[Dataset records]
======
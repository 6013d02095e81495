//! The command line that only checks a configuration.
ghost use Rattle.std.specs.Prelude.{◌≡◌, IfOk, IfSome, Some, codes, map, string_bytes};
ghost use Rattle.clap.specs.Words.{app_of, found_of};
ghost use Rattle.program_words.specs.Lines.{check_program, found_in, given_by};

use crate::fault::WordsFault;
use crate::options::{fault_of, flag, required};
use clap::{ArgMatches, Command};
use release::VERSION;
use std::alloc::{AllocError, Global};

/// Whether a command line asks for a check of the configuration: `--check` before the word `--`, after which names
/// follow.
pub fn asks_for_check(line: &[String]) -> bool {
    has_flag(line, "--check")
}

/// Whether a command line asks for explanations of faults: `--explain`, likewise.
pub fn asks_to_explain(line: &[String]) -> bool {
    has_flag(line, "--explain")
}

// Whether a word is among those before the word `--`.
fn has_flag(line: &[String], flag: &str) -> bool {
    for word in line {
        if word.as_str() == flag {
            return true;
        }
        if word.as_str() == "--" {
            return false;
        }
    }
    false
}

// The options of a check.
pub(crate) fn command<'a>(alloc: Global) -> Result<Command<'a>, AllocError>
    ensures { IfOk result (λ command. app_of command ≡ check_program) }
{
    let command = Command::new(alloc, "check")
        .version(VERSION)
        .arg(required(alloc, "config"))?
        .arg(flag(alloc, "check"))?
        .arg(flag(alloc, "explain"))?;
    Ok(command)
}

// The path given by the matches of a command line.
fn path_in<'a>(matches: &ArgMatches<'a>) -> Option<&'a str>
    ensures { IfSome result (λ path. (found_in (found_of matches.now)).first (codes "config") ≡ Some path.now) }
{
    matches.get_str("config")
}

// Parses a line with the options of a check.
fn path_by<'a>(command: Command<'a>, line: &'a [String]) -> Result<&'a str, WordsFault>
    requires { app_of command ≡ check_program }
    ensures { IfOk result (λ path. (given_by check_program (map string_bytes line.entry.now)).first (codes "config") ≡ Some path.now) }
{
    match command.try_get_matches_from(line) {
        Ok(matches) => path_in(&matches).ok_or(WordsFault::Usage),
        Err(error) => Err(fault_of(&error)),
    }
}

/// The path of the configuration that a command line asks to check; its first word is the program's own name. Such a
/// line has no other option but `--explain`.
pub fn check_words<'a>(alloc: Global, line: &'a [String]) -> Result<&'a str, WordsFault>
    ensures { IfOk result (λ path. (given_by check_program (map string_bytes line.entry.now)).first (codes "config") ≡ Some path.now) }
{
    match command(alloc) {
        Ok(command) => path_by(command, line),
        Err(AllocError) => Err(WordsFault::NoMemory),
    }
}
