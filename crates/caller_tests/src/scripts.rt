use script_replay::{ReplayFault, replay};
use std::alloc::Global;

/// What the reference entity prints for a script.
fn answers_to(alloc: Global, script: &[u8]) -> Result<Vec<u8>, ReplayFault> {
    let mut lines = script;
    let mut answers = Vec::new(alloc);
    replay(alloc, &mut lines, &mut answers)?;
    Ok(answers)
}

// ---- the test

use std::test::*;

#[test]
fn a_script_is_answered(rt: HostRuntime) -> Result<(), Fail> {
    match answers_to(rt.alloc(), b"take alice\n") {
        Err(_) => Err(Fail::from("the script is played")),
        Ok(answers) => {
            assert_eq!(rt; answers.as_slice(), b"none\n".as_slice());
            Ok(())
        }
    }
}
======
__TO DO__. Lines in the data that include the word "configuration" should all be copied.

__REPLY__.
//! The command line that only checks a configuration.
/// Whether a command line asks for a check of the configuration: `--check` before the word `--`, after which names
/// The path of the configuration that a command line asks to check; its first word is the program's own name. Such a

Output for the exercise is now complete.